List all lines of the data containing the word "bool".

= = = = = = =

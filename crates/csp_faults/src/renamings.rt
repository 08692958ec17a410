//! What is to blame in a renaming.

ghost use Rattle.std.specs.Prelude.{◌≡◌};
ghost use Rattle.std.specs.Option.{option_or};
ghost use Rattle.theory_semantics.specs.Meaning.Events.{channel_images};
ghost use Rattle.theory_faults.specs.Culprit.{first_found, misfit};
ghost use Rattle.theory_faults.specs.Events.{event_culprit, pair_culprit};
ghost use Rattle.csp_events.specs.Events.{event_expression_of, renaming_pair_of, renaming_pairs_of};
ghost use Rattle.csp_term.specs.Script.{script_of_parts};
ghost use Rattle.csp_faults.specs.Culprit.{Finds, found_of};

use crate::culprit::Culprit;
use crate::declared::channel_sets;
use crate::events::event_culprit;
use csp_events::{RenamingPair, are_channels, same_sets};
use csp_term::{AllocHandle, ChannelId, Memory, ScriptParts};

/// What is to blame in the first of the pairs in which something is.
pub(crate) fn renaming_culprit<A: AllocHandle>(
    alloc: A,
    script: &ScriptParts<A>,
    pairs: &[RenamingPair<A>],
) -> Result<Option<Culprit<A>>, Memory>
    ensures { Finds result (first_found (pair_culprit (script_of_parts script.now))
        (renaming_pairs_of pairs.now)) }
{
    for pair in pairs {
        let found = pair_culprit(alloc, script, pair)?;
        if found.is_some() {
            return Ok(found);
        }
    }
    Ok(None)
}

/// What is to blame in a pair of channels, or of events.
fn pair_culprit<A: AllocHandle>(
    alloc: A,
    script: &ScriptParts<A>,
    pair: &RenamingPair<A>,
) -> Result<Option<Culprit<A>>, Memory>
    ensures { Finds result (pair_culprit (script_of_parts script.now) (renaming_pair_of pair.now)) }
{
    if are_channels(pair) {
        return Ok(channels_misfit(script, pair.from.channel, pair.to.channel));
    }
    let found = event_culprit(alloc, script, &pair.from)?;
    if found.is_some() {
        return Ok(found);
    }
    event_culprit(alloc, script, &pair.to)
}

/// That there are no such channels, or their fields have other sets.
fn channels_misfit<A: AllocHandle>(
    script: &ScriptParts<A>,
    from: ChannelId,
    to: ChannelId,
) -> Option<Culprit<A>>
    ensures { found_of result ≡ misfit (channel_images (script_of_parts script.now) from.0 to.0) }
{
    let Some(sets) = channel_sets(script, from) else {
        return Some(Culprit::Misfit);
    };
    let Some(others) = channel_sets(script, to) else {
        return Some(Culprit::Misfit);
    };
    if same_sets(sets, others) {
        None
    } else {
        Some(Culprit::Misfit)
    }
}
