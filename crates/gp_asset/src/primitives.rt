// The primitives of all meshes (glTF 2.0, sections 5.23 and 5.24).
ghost use Rattle.std.specs.Prelude.{◌≡◌, ◌++◌, IfOk, OnOk};
ghost use Rattle.gp_asset.specs.Primitives.{primitives_of_mesh, primitives_of};

use crate::geometry::Primitive;
use crate::numbers::number_of;
use gp_fields::{MeshFields, PrimitiveFields};
use gp_host::NoMemory;
use std::alloc::Global;

/// The primitives, by mesh and then by place in it. Where 2^32 meshes or primitives of one mesh don't fit their
/// numbers, the answer is want of memory.
pub(crate) fn read_primitives(
    alloc: Global,
    meshes: Vec<MeshFields>,
) -> Result<Vec<Primitive>, NoMemory>
    ensures { IfOk result (λ v. v.items ≡ primitives_of meshes.items) }
{
    let mut primitives = Vec::new(alloc);
    'meshes: for (place, fields) in meshes.into_iter().enumerate() {
        let mesh = number_of(place)?;
        push_primitives(&mut primitives, mesh, fields.primitives)?;
    }
    Ok(primitives)
}

fn push_primitives(
    primitives: &mut Vec<Primitive>,
    mesh: u32,
    fields: Vec<PrimitiveFields>,
) -> Result<(), NoMemory>
    ensures { OnOk result (primitives.new.items ≡ primitives.old.items ++ primitives_of_mesh mesh fields.items) }
{
    'primitives: for (place, primitive) in fields.into_iter().enumerate() {
        let at = number_of(place)?;
        primitives.push(Primitive {
            mesh,
            at,
            mode: primitive.mode,
            attributes: primitive.attributes,
            targets: primitive.targets,
            indices: primitive.indices,
        })?;
    }
    Ok(())
}
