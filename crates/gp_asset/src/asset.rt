// What a program holds of an asset.
ghost use Rattle.std.specs.Prelude.{◌≡◌};

use crate::buffers::BufferBytes;
use crate::geometry::Primitive;
use crate::usage::AccessorUse;
use gp_rules::{Accessor, View};
use std::marker::Model;

/// An asset: buffer views, accessors, primitives, who uses which accessor, images, and the bytes of buffers. A BIN chunk
/// is borrowed; a decoded data URI is owned.
#[derive(Drop)]
pub struct Asset<'a> {
    pub(crate) buffers: Vec<BufferBytes<'a>>,
    pub(crate) views: Vec<View>,
    pub(crate) accessors: Vec<Accessor>,
    pub(crate) primitives: Vec<Primitive>,
    pub(crate) uses: Vec<AccessorUse>,
    pub(crate) images: Vec<Option<u32>>,
    pub(crate) closed: bool,
}

impl<'a> Model for Asset<'a> {
    ghost use Rattle.std.specs.Prelude.{map};
    ghost use Rattle.gp_asset.specs.Stored.{bytes_in};
    ghost use Rattle.gp_asset.specs.Asset.{AssetParts};

    ghost Value = { AssetParts };

    ghost view = { λ a. record { buffers = map bytes_in a.buffers.items; views = a.views.items; accessors = a.accessors.items; primitives = a.primitives.items; uses = a.uses.items; images = a.images.items; closed = a.closed } };
}

impl<'a> Asset<'a> {
    /// The buffer views.
    pub fn views(&self) -> &[View]
        ensures { result.now ≡ self.now.views }
    {
        self.views.as_slice()
    }

    /// The accessors.
    pub fn accessors(&self) -> &[Accessor]
        ensures { result.now ≡ self.now.accessors }
    {
        self.accessors.as_slice()
    }

    /// The primitives of all meshes, by mesh and then by place in it.
    pub fn primitives(&self) -> &[Primitive]
        ensures { result.now ≡ self.now.primitives }
    {
        self.primitives.as_slice()
    }

    /// The uses of accessors: of primitives in order, each with its attributes, targets and indices; then of skins; then
    /// of animations.
    pub fn uses(&self) -> &[AccessorUse]
        ensures { result.now ≡ self.now.uses }
    {
        self.uses.as_slice()
    }

    /// The buffer view of each image.
    pub fn images(&self) -> &[Option<u32>]
        ensures { result.now ≡ self.now.images }
    {
        self.images.as_slice()
    }

    /// Whether each extension in use is on the closed list: extensions by which a vertex is no more than what its
    /// accessors say.
    pub fn is_closed(&self) -> bool
        ensures { result ≡ self.now.closed }
    {
        self.closed
    }
}
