// What no clause says: that the definitions are the rules of the formats, on JSON texts and BIN chunks, and that the call
// succeeds where memory is ample.
mod accessors;
mod buffers;
mod extensions;
mod full;
mod load;
mod order;
mod packed;
mod sparse;
mod views;

use crate::{Form, read_asset};
use gp_json::read;
use gp_rules::{AssetFault, AssetRefusal};
use std::alloc::Global;
use std::process::Abort;
use std::test::Fail;

// A row of a table: a part of a text, and the fault of the asset that the text stands for.
type Row<'a> = (&'a str, Option<AssetFault>);

// Of each row the fault of the text in which its part stands between two others.
fn assert_rows(
    rt: &impl Abort,
    alloc: Global,
    (before, after): (&str, &str),
    rows: &[Row<'_>],
    bin: Option<&[u8]>,
) -> Result<(), Fail> {
    for (part, want) in rows {
        assert_fault(rt, alloc, &[before, part, after], bin, *want)?;
    }
    Ok(())
}

// A row with two parts.
type Pair<'a> = (&'a str, &'a str, Option<AssetFault>);

// The same with both parts of a row between three others.
fn assert_pairs(
    rt: &impl Abort,
    alloc: Global,
    (before, between, after): (&str, &str, &str),
    rows: &[Pair<'_>],
    bin: Option<&[u8]>,
) -> Result<(), Fail> {
    for (first, second, want) in rows {
        let text = [before, first, between, second, after];
        assert_fault(rt, alloc, &text, bin, *want)?;
    }
    Ok(())
}

// The fault of a text in parts, read for all else than packing.
fn assert_fault(
    rt: &impl Abort,
    alloc: Global,
    parts: &[&str],
    bin: Option<&[u8]>,
    want: Option<AssetFault>,
) -> Result<(), Fail> {
    let mut text = String::new(alloc);
    for part in parts {
        text.push_str(part)?;
    }
    assert_form(rt, alloc, text.as_str(), bin, Form::Any, want)
}

// The fault of a text, read for this.
fn assert_form(
    rt: &impl Abort,
    alloc: Global,
    text: &str,
    bin: Option<&[u8]>,
    form: Form,
    want: Option<AssetFault>,
) -> Result<(), Fail> {
    let fault = fault_of(alloc, text.as_bytes(), bin, form)?;
    assert_eq!(rt; fault, want, "{text}");
    Ok(())
}

// The fault of an asset, or `None` where it has none.
fn fault_of(
    alloc: Global,
    text: &[u8],
    bin: Option<&[u8]>,
    form: Form,
) -> Result<Option<AssetFault>, Fail> {
    let root = read(alloc, text)?;
    match read_asset(alloc, &root, bin, form) {
        Ok(_) => Ok(None),
        Err(AssetRefusal::Fault(fault)) => Ok(Some(fault)),
        Err(AssetRefusal::Memory) => Err(AssetRefusal::Memory)?,
    }
}
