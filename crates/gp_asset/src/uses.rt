// Who uses an accessor (glTF 2.0, sections 5.5, 5.24 and 5.28).
ghost use Rattle.std.specs.Prelude.{◌≡◌, ◌++◌, IfOk, OnOk, map, flat_map, option_to_list};
ghost use Rattle.gp_asset.specs.declared.usage.Role.TheVariants.{Target};
ghost use Rattle.gp_asset.specs.Uses.{use_as, entry_uses, primitive_uses, skin_uses, animation_uses, gathered, uses_of_all};

use crate::geometry::Primitive;
use crate::numbers::number_of;
use crate::usage::{AccessorUse, Role};
use gp_fields::{AnimationFields, Entries, Entry, SamplerFields};
use gp_host::NoMemory;
use std::alloc::Global;

/// The uses of accessors: of primitives in order, each with its attributes, targets and indices; then of skins; then of
/// animations. Where 2^32 of them don't fit their numbers, the answer is want of memory.
#[tactic(auto, unfolding(crate::specs::Uses::uses_of_all))]
pub(crate) fn read_uses(
    alloc: Global,
    primitives: &[Primitive],
    skins: &[Option<u32>],
    animations: &[AnimationFields],
) -> Result<Vec<AccessorUse>, NoMemory>
    ensures { IfOk result (λ v. v.items ≡ uses_of_all primitives.now skins.now animations.now) }
{
    let mut uses = Vec::new(alloc);
    push_primitives(&mut uses, primitives)?;
    push_skins(&mut uses, skins)?;
    push_animations(&mut uses, animations)?;
    Ok(uses)
}

fn push_primitives(uses: &mut Vec<AccessorUse>, primitives: &[Primitive]) -> Result<(), NoMemory>
    ensures { OnOk result (uses.new.items ≡ uses.old.items ++ gathered primitive_uses primitives.now) }
{
    'primitives: for at in 0..primitives.len() {
        let owner = number_of(at)?;
        push_primitive(uses, owner, &primitives[at])?;
    }
    Ok(())
}

fn push_primitive(
    uses: &mut Vec<AccessorUse>,
    owner: u32,
    primitive: &Primitive,
) -> Result<(), NoMemory>
    ensures { OnOk result (uses.new.items ≡ uses.old.items ++ primitive_uses owner primitive.now) }
{
    let attributes = primitive.attributes.as_slice();
    push_entries(uses, Role::Attribute, owner, attributes)?;
    push_targets(uses, owner, primitive.targets.as_slice())?;
    push_optional(uses, Role::Indices, owner, primitive.indices)
}

fn push_targets(
    uses: &mut Vec<AccessorUse>,
    owner: u32,
    targets: &[Entries],
) -> Result<(), NoMemory>
    ensures { OnOk result (uses.new.items ≡ uses.old.items ++ flat_map (entry_uses Target owner) targets.now) }
{
    'targets: for at in 0..targets.len() {
        push_entries(uses, Role::Target, owner, targets[at].as_slice())?;
    }
    Ok(())
}

fn push_entries(
    uses: &mut Vec<AccessorUse>,
    role: Role,
    owner: u32,
    entries: &[Entry],
) -> Result<(), NoMemory>
    ensures { OnOk result (uses.new.items ≡ uses.old.items ++ entry_uses role owner entries.now) }
{
    'entries: for at in 0..entries.len() {
        let accessor = entries[at].accessor;
        uses.push(AccessorUse {
            accessor,
            role,
            owner,
        })?;
    }
    Ok(())
}

fn push_optional(
    uses: &mut Vec<AccessorUse>,
    role: Role,
    owner: u32,
    accessor: Option<u32>,
) -> Result<(), NoMemory>
    ensures { OnOk result (uses.new.items ≡ uses.old.items ++ map (use_as role owner) (option_to_list accessor)) }
{
    if let Some(accessor) = accessor {
        uses.push(AccessorUse {
            accessor,
            role,
            owner,
        })?;
    }
    Ok(())
}

fn push_skins(uses: &mut Vec<AccessorUse>, skins: &[Option<u32>]) -> Result<(), NoMemory>
    ensures { OnOk result (uses.new.items ≡ uses.old.items ++ gathered skin_uses skins.now) }
{
    'skins: for at in 0..skins.len() {
        let owner = number_of(at)?;
        push_optional(uses, Role::InverseBind, owner, skins[at])?;
    }
    Ok(())
}

fn push_animations(
    uses: &mut Vec<AccessorUse>,
    animations: &[AnimationFields],
) -> Result<(), NoMemory>
    ensures { OnOk result (uses.new.items ≡ uses.old.items ++ gathered animation_uses animations.now) }
{
    'animations: for at in 0..animations.len() {
        let owner = number_of(at)?;
        let animation = &animations[at];
        push_samplers(uses, owner, &animation.samplers)?;
    }
    Ok(())
}

fn push_samplers(
    uses: &mut Vec<AccessorUse>,
    owner: u32,
    samplers: &[SamplerFields],
) -> Result<(), NoMemory>
    ensures { OnOk result (uses.new.items ≡ uses.old.items ++ animation_uses owner samplers.now) }
{
    'samplers: for at in 0..samplers.len() {
        let sampler = samplers[at];
        uses.push(AccessorUse {
            accessor: sampler.input,
            role: Role::SamplerInput,
            owner,
        })?;
        uses.push(AccessorUse {
            accessor: sampler.output,
            role: Role::SamplerOutput,
            owner,
        })?;
    }
    Ok(())
}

= = = = = = =

> _Your solution_:
    pub(crate) closed: bool,
    pub fn is_closed(&self) -> bool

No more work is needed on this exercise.